Feedback: The Gift that Keeps on Giving

Feedback: The Gift that Keeps on Giving

Giving feedback is TOUGH for many of us. It feels so daunting to have to give constructive criticism to people we know. It makes us feel mean; like we are hurting someone, even though we know we are only trying to help them improve. But, it doesn’t HAVE to be that way. In order to overcome my own fear of giving feedback, I started researching the topic and came across a philosophy-shifting metaphor that completely flipped the script for me. Changing my perspective with this metaphor has made giving feedback feel more natural, and I’ve noticed a huge impact on the people to whom I provide feedback.

Instead of dreading giving feedback, I started to think of it as giving a gift. I learned about this approach from a fantastic article by Philip Friedrich. I likened each step of giving feedback to that of giving someone a present. For instance, when I go shopping to buy a present for someone, I plan to have fun with it! I get excited for her to open the gift, and enjoy what is inside. Try to adopt the same mindset entering your next opportunity to provide feedback.

I try to pick out gifts that match someone’s personality. Think of feedback in the same way! Use words and tone that are a unique match with the receiver’s temperament. When I’m giving a present I don’t beat around the bush! I want them to have it and enjoy it right away. Treat giving constructive criticism in the same fashion: be direct. And lastly, giving a gift is ultimately lighthearted. It’s something we do to benefit someone we care about, but it isn’t a huge ordeal. Have the same mindset when you are delivering feedback.

My hope is that this new mental approach can help you get over that psychological block of feeling mean when giving feedback. But mentally preparing is only half the battle – we also need to formulate WHAT we plan to say. If you’d like to learn this and more about delivering feedback, check out my Communication Tips Weekly course on LinkedIn Learning! 

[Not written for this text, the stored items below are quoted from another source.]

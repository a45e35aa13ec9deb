//! Laws over every legal history. They speak of the definitions of `opfs_machine` alone; each is the contract of a
//! function that does nothing.
//!
//! It stands on `opfs_machine`; on it stand `opfs_transcripts`, `opfs_rulings`, `opfs_store` and `opfs_state_rows`.
#![tactic(auto)]

pub mod charges;
pub mod closes;
pub mod counted;
pub mod files;
pub mod going_on;
pub mod histories;
pub mod lengths;
pub mod locked;
pub mod owned;
pub mod reserves;
pub mod separation;
pub mod steady;
pub mod stored;
pub mod whole;
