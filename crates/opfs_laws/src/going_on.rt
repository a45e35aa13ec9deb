//! Histories that grow.

ghost use Rattle.opfs_laws.specs.Faults.{TheMachineNeverFaults};
ghost use Rattle.opfs_laws.specs.GoingOn.{LegalHistoriesGoOn};

/// A legal history goes on with each call that its agent may make: with the call's evictions and its entry, and with
/// local calls of the agent before it, which clear no unit. Each front of it that ends with a call is legal.
pub fn legal_histories_go_on()
    ensures { LegalHistoriesGoOn }
{}

/// The machine never answers that the disk failed: not to a call, not to an eviction, and not to a local call that is not
/// entered yet. So each disk fault in a history is that of an entry which was told so.
pub fn the_machine_never_faults()
    ensures { TheMachineNeverFaults }
{}
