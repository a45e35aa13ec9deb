//! Images of the store: what they stand for, and how they are read and made.
//!
//! It stands on `opfs_data` and `opfs_records`; on it stand `opfs_commit`, `opfs_migrate`, `opfs_tools` and
//! `opfs_examples`.
#![tactic(auto)]

mod formatting;
mod geometry;
mod laws;
mod reading;
mod records;
mod recovered;
mod recovering;
mod refusal;
mod superblock;

pub use formatting::format;
pub use geometry::Geometry;
pub use laws::{an_image_is_what_its_records_build, only_named_blocks_matter};
pub use reading::{ReadImage, read_image};
pub use recovered::Recovered;
pub use recovering::recover;
pub use refusal::ImageRefusal;
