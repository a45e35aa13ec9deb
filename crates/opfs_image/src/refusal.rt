//! Why an image is refused.
ghost use Rattle.std.specs.Prelude.{◌≡◌};
ghost use Rattle.opfs_image.specs.declared.refusal.ImageRefusal.TheVariants.{DiskFault as Fault, NoMemory as NoRoomLeft};
ghost use Rattle.opfs_image.specs.Answers.{refused_first};

use opfs_journal::OpenRefusal;
use opfs_outside::Failed;
use std::alloc::AllocError;
use thiserror::Error;

/// Why an image is refused, as one of format 2 or, where it is to be migrated, as one of format 1. Places are bytes of the
/// image.
#[derive(Clone, Copy, Debug, PartialEq, Eq, Error)]
pub enum ImageRefusal {
    /// It has fewer bytes than a superblock, or than its superblock says.
    #[error("the image is short")]
    Short,
    /// It doesn't begin with `OPFSIMG1`.
    #[error("the file is no image")]
    Magic,
    /// Its version is unknown, or a number of its superblock is out of range.
    #[error("the image has an unknown version or size")]
    Geometry,
    /// Neither area's first gate is open.
    #[error("no area begins with an open gate")]
    NoArea,
    /// The gate at this place is open, and its record is none.
    #[error("a bad record at byte {0}")]
    BadRecord(u64),
    /// The area that rules is of format 1, and format 2 was asked for.
    #[error("the image is of format 1")]
    Old,
    /// The area that rules is of format 2, and format 1 was asked for.
    #[error("the image is of format 2")]
    NotOld,
    /// What it holds has this charge in format 2, which with a record's 7 bytes passes the bytes of an area.
    #[error("a charge of {0} passes an area of {1} bytes")]
    Overfull(u64, u64),
    /// The disk failed: its count has risen.
    #[error("the disk failed")]
    DiskFault,
    /// No memory was found.
    #[error("out of memory")]
    NoMemory,
}

impl From<Failed> for ImageRefusal {
    ghost from_gives = { λ _ refusal. refusal ≡ Fault };

    fn from(_failed: Failed) -> ImageRefusal {
        ImageRefusal::DiskFault
    }
}

impl From<AllocError> for ImageRefusal {
    ghost from_gives = { λ _ refusal. refusal ≡ NoRoomLeft };

    fn from(_error: AllocError) -> ImageRefusal {
        ImageRefusal::NoMemory
    }
}

impl From<OpenRefusal> for ImageRefusal {
    ghost from_gives = { λ first refusal. refusal ≡ refused_first first };

    fn from(refusal: OpenRefusal) -> ImageRefusal {
        match refusal {
            OpenRefusal::NoArea => ImageRefusal::NoArea,
            OpenRefusal::BadRecord(place) => ImageRefusal::BadRecord(place),
            OpenRefusal::DiskFault => ImageRefusal::DiskFault,
            OpenRefusal::NoMemory => ImageRefusal::NoMemory,
        }
    }
}
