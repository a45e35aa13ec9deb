//! What a state counts.

ghost use Rattle.opfs_laws.specs.Counting.{AStateCountsItsHistory};

/// A state that a legal history reaches has as many entries as the history, and knows of each origin the place of its
/// last entry. Agents keep their keys and grants, and the limits stay.
pub fn a_state_counts_its_history()
    ensures { AStateCountsItsHistory }
{}
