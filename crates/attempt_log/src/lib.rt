//! What attempts do with the book alone: they send the records of what their scripts ask, each under the condition that its place
//! in the step log is free.
#![tactic(auto)]

pub mod laws;
mod sending;

pub use sending::{send_asked, send_init};
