//! What is sent is what the step table sends. Each function here has an empty body, and a law as its contract.
ghost use Rattle.attempt_log.specs.Moves.{AskedAreMoves, InitsAreMoves};

/// What `send_asked` does is the move of the step table that sends what is asked, for each attempt that stands there.
pub fn asked_are_moves()
    ensures { AskedAreMoves }
{}

/// What `send_init` does is the move that sends the Init.
pub fn inits_are_moves()
    ensures { InitsAreMoves }
{}
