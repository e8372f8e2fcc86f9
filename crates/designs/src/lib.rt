// The worked designs of document 01, computed over the definitions: see specs/.

#![tactic(auto)]
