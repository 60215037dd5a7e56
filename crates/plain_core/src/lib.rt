//! For crates: whether a text stands in JSON as it is.
#![tactic(auto)]

mod plain;

pub use plain::{Escapes, is_plain, is_plain_16};
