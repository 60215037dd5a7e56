//! Tests whether a text stands in JSON as it is.

ghost use Rattle.std.specs.Prelude.{◌+◌, ◌≤◌, length};
ghost use Rattle.plain_core.specs.Plain.{TellsAsIs, TellsPlain};

use std::simd::prelude::*;

/// Whether a text needs escapes between quotes (RFC 8259, "Strings").
#[derive(Clone, Copy, Debug)]
pub enum Escapes {
    /// It needs none: it stands there as it is.
    None,
    /// It needs one at least.
    Needed,
}

/// Returns whether none of 16 bytes needs an escape.
#[inline(always)]
pub fn is_plain_16(text: &[u8], at: usize) -> bool
    requires { at + 16 ≤ length text.now }
    ensures { TellsPlain result text.now at (at + 16) }
{
    let bytes = u8x16::from_slice(&text[at..]);
    let marked = bytes.simd_eq(u8x16::splat(b'"')) | bytes.simd_eq(u8x16::splat(b'\\'));
    (marked | bytes.simd_lt(u8x16::splat(0x20))).to_bitmask() == 0
}

/// Returns whether none of eight bytes needs an escape.
#[inline(always)]
fn is_plain_8(text: &[u8], at: usize) -> bool
    requires { at + 8 ≤ length text.now }
    ensures { TellsPlain result text.now at (at + 8) }
{
    let bytes = u8x8::from_slice(&text[at..]);
    let marked = bytes.simd_eq(u8x8::splat(b'"')) | bytes.simd_eq(u8x8::splat(b'\\'));
    (marked | bytes.simd_lt(u8x8::splat(0x20))).to_bitmask() == 0
}

/// Returns whether none of four bytes needs an escape.
#[inline(always)]
fn is_plain_4(text: &[u8], at: usize) -> bool
    requires { at + 4 ≤ length text.now }
    ensures { TellsPlain result text.now at (at + 4) }
{
    let bytes = u8x4::from_slice(&text[at..]);
    let marked = bytes.simd_eq(u8x4::splat(b'"')) | bytes.simd_eq(u8x4::splat(b'\\'));
    (marked | bytes.simd_lt(u8x4::splat(0x20))).to_bitmask() == 0
}

/// Returns whether no byte needs an escape, one byte at a time.
#[inline(always)]
fn is_plain_bytewise(text: &[u8]) -> bool
    ensures { TellsPlain result text.now 0 (length text.now) }
{
    'bytes: for &byte in text {
        if byte == b'"' || byte == b'\\' || byte < 0x20 {
            return false;
        }
    }
    true
}

/// Returns whether no byte needs an escape, 16 bytes at a time; the last 16 may overlap others.
#[inline(always)]
fn is_plain_long(text: &[u8]) -> bool
    requires { 16 ≤ length text.now }
    ensures { TellsPlain result text.now 0 (length text.now) }
{
    let mut at = 0;
    'blocks: while text.len() - at > 16 {
        if !is_plain_16(text, at) {
            return false;
        }
        at += 16;
    }
    is_plain_16(text, text.len() - 16)
}

/// Returns whether the text stands between quotes as it is, because none of its bytes needs an
/// escape (RFC 8259, "Strings"). It looks at each byte, up to the first that needs one.
#[inline(always)]
pub fn is_plain(text: &str) -> bool
    ensures { TellsAsIs result text.now }
{
    let bytes = text.as_bytes();
    if bytes.len() >= 16 {
        is_plain_long(bytes)
    } else if bytes.len() >= 8 {
        is_plain_8(bytes, 0) && is_plain_8(bytes, bytes.len() - 8)
    } else if bytes.len() >= 4 {
        is_plain_4(bytes, 0) && is_plain_4(bytes, bytes.len() - 4)
    } else {
        is_plain_bytewise(bytes)
    }
}
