use algolw_tree::{Assignment, Kind, Link, Part, Phrase, Relation, Repetition, Spelling, Whole};
use block_scopes::{Frame, note_control};
use bumpalo::Bump;
use declared_names::{KnownPath, class_fault};
use std::alloc::{AllocError, Global};
use typed_findings::{Finding, Log};
use typed_phrases::{
    Phrases, Prefix, Range, assigned_verdict, both_give, case_do_verdict, case_value_verdict,
    for_list_verdict, given, if_else_verdict, if_verdict, is_verdict, left_of, linked, noted,
    prefixed_verdict, range_verdict, relation_verdict, while_verdict,
};
use typing_rules::{ClassSet, NoType, PhraseType, ValueType, Verdict};
use value_ops::Place;

/// Checks the phrases of a program.
#[derive(Drop)]
pub(crate) struct Checker<'a> {
    pub(crate) alloc: Global,
    pub(crate) arena: &'a Bump,
    /// What was found: the faults in the order of the rules.
    pub(crate) log: Log<'a>,
}

/// What is found of an assignment, or of the value of one.
#[derive(Clone, Copy)]
pub(crate) struct Assigned<'a> {
    /// Its type, or why it has none.
    pub(crate) verdict: Verdict<'a>,
    /// What the value at the right end of its assignments gives: where it is none itself, what it gives.
    pub(crate) end: Option<PhraseType<'a>>,
}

Giving feedback is so important. Maybe somewhat surprisingly, many leaders are reluctant to give feedback for the reason you mention. I tell my team that if you care about someone, you will give them feedback. This is consistent with your theme of feedback as a gift. I like it!   

The gift that keeps on giving, and in this case, it may be politically correct to say it is even better to receive it - as expressed by Matt Schmitz - by first responding with a thank you. [That is, assuming the feedback is intended to help you improve, not to hurt or belittle you. In the latter case, respond as well with a thank you - if you can muster it - and then forget about it!

Enjoyed this article. I was told once by a great leader: When you find yourself on the receiving end of feedback, your first response should be “Thank you.”